It was June, 2001.
I was sitting in my little one-bedroom apartment in Olean, N.Y. The NBA Finals were on TV, and the Lakers were thrashing the Philadelphia 76ers. I was on my computer — my old red bubble iMac — chatting on AOL Instant Messenger with my friend and mentor, Mike Vaccaro. We were talking about journalism and column writing.
Mike brought up Jimmy Breslin, a name I vaguely knew but whose work I wasn’t familiar with. He told me a story I hadn’t yet heard, about how after the JFK Assassination, Breslin and a colleague were standing around watching all the serious reporters do serious stories on the serious people. Breslin turned to his colleague and said, You know what? I’m gonna do a column on the guy digging the grave.”

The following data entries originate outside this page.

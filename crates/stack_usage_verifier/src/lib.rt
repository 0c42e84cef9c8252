// The stack usage pass, beside stack_usage_verifier.rs: the height of the stack over a block, and the verdict over the blocks as listed.
#![tactic(auto)]

ghost use Rattle.std.specs.Prelude.{◌≡◌, ◌<◌, ◌≤◌};
ghost use Rattle.definitions.specs.StackUsage.{height_after, verify_block};
ghost use Rattle.definitions.specs.Verify.{stack_usage};
ghost use Rattle.unit_tables.specs.Answers.{told};
ghost use Rattle.unit_tables.specs.Compiled.{compiled};
ghost use Rattle.code_views.specs.Answers.{block_of};

use code_views::Block;
use status::{PartialVMResult, Position, StatusCode, Verdict};
use unit_tables::UnitView;

// The height after an effect: pops past the height are refused first, then a sum that no u64 holds.
#[tactic(auto, using(crate::proofs::Heights::heights))]
fn height_after(height: u64, pops: u64, pushes: u64) -> PartialVMResult<u64>
    ensures { told (λ h. h) result ≡ height_after height (record { pops = pops; pushes = pushes }) }
{
    let rest = height
        .checked_sub(pops)
        .ok_or(StatusCode::NEGATIVE_STACK_SIZE_WITHIN_BLOCK)?;
    rest.checked_add(pushes).ok_or(StatusCode::HEIGHT)
}

// A block, from its first to its last instruction: each block starts at height 0, and ends there. Not `first..=last`, which is left at two places: what
// holds at its end would be proved for each.
#[tactic(auto, using(crate::proofs::Blocks::block_even))]
fn verify_block(unit: &UnitView<'_, '_>, block: Block) -> PartialVMResult<()>
    requires { (block.first ≤ block.last) × (block.last < unit.now.view.code.count) }
    ensures { told (λ u. u) result ≡ verify_block (compiled unit.now) (block_of block) }
{
    let table = instruction_effect::effects();
    let mut height = 0u64;
    for i in usize::from(block.first)..usize::from(block.last) + 1 {
        let opcode = usize::from(code_views::opcode_at(unit, i));
        let (pops, pushes) = instruction_effect::instruction_effect(table[opcode], unit, i)?;
        height = height_after(height, pops, pushes)?;
    }
    if height == 0 {
        Ok(())
    } else {
        Err(StatusCode::POSITIVE_STACK_SIZE_AT_BLOCK_END)
    }
}

// `StackUsageVerifier::verify`: the blocks as listed; the first refusal ends it, with its block's start.
#[tactic(auto, using(crate::proofs::Blocks::in_blocks))]
pub fn verify(unit: &UnitView<'_, '_>) -> Verdict
    ensures { result ≡ stack_usage (compiled unit.now) }
{
    for block_id in 0..usize::from(unit.view.blocks.count) {
        let block = code_views::block_at(unit, block_id);
        if let Err(status) = verify_block(unit, block) {
            return status::refusal_at(status, Position::BlockStart(block.first));
        }
    }
    Verdict::Accepted
}
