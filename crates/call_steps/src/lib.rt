// The steps of type_safety.rs that call a function: `call`, and Call and CallGeneric above it.
#![tactic(auto, using(step_views::specs::Looked::looks, step_views::specs::Looked::types), unfolding(definitions::specs::TypeSafety::call, definitions::specs::TypeSafety::function_call, definitions::specs::TypeSafety::function_call_generic))]

ghost use Rattle.definitions.specs.TypeSafety as step;
ghost use Rattle.type_stack.specs.Held.{Stacked};
ghost use Rattle.type_stack.specs.Stepping.{StepsTo};
ghost use Rattle.unit_tables.specs.Compiled.{compiled};
ghost use Rattle.handle_views.specs.Answers.{handle_of};

use file_format::{FunctionHandleIndex, FunctionInstantiationIndex};
use handle_views::FunctionHandle;
use status::{PartialVMResult, StatusCode};
use type_places::TypePlaces;
use unit_tables::UnitView;

// `call`: the parameters' signature is looked up before the first pop, the returns' only after all pops and comparisons. `args` are the
// type arguments.
fn call(
    area: &mut [u8],
    weight: usize,
    unit: &UnitView<'_, '_>,
    handle: FunctionHandle,
    args: TypePlaces,
) -> PartialVMResult<usize>
    requires { Stacked area.old weight }
    ensures { StepsTo (step.call (compiled unit.now) (handle_of handle) args.entry.stand.subst) area.old weight area.new result }
{
    let mismatch = StatusCode::CALL_TYPE_MISMATCH_ERROR;
    let parameters = unit_views::signature_at(unit, handle.parameters)?;
    let below = list_steps::pop_each(area, weight, parameters, &args, mismatch)?;
    let returns = unit_views::signature_at(unit, handle.return_)?;
    let pushed = list_steps::push_each(area, below, returns, args);
    type_stack::rebuilt(pushed)
}

// `Call`: it has no type arguments.
pub fn function_call(
    area: &mut [u8],
    weight: usize,
    unit: &UnitView<'_, '_>,
    idx: FunctionHandleIndex,
) -> PartialVMResult<usize>
    requires { Stacked area.old weight }
    ensures { StepsTo (step.function_call (compiled unit.now) idx.0) area.old weight area.new result }
{
    let handle = handle_views::function_handle_at(unit, idx)?;
    let args = TypePlaces {
        bytes: unit.bytes,
        places: &[],
    };
    call(area, weight, unit, handle, args)
}

// `CallGeneric`: its instantiation, its handle and its type arguments are looked up. The places of the arguments are found once.
pub fn function_call_generic(
    area: &mut [u8],
    weight: usize,
    unit: &UnitView<'_, '_>,
    idx: FunctionInstantiationIndex,
) -> PartialVMResult<usize>
    requires { Stacked area.old weight }
    ensures { StepsTo (step.function_call_generic (compiled unit.now) idx.0) area.old weight area.new result }
{
    let inst = handle_views::function_instantiation_at(unit, idx)?;
    let handle = handle_views::function_handle_at(unit, inst.handle)?;
    let type_args = unit_views::signature_at(unit, inst.type_parameters)?;
    let mut places = [0u16; 255]; // no heap is used
    let args = type_places::placed(type_args.types, &mut places);
    call(area, weight, unit, handle, args)
}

“And he did. And it was gold,” Mike wrote to me.
I said that sounded amazing, then made some reference to Kobe Bryant’s game.
Mike sent me a link to the column.
Forget Kobe. Take two minutes and let Breslin change your life.
It did.
Along with the moment I first read Charlie Pierce’s book, this was one of the defining moments in my journalism life. It showed me what a column could be. It showed me the value of zagging when everyone else zigs. It showed me the power of the small story, the value of reporting, the importance of tiny details.
In a way, the gravedigger column has kind of become a cliche in journalism. I’m sure Slate or Deadspin will have a piece about how the column is overrated and spawned so much overwrought journalism. But it’s a cliche in the way that the three-chord songs of the Ramones are. Because at their best, they represent the best of the form. We don’t hold every bad punk band against the Ramones. And we can’t hold every overwritten column against Breslin, who died on Sunday.
The Gravedigger column by Jimmy Breslin, to me, is the perfect newspaper column.
Clifton Pollard was pretty sure he was going to be working on Sunday, so when he woke up at 9 a.m., in his three-room apartment on Corcoran Street, he put on khaki overalls before going into the kitchen for breakfast. His wife, Hettie, made bacon and eggs for him. Pollard was in the middle of eating them when he received the phone call he had been expecting. It was from Mazo Kawalchik, who is the foreman of the gravediggers at Arlington National Cemetery, which is where Pollard works for a living. "Polly, could you please be here by eleven o'clock this morning?" Kawalchik asked. "I guess you know what it's for." Pollard did.
He hung up the phone, finished breakfast, and left his apartment so he could spend Sunday digging a grave for John Fitzgerald Kennedy.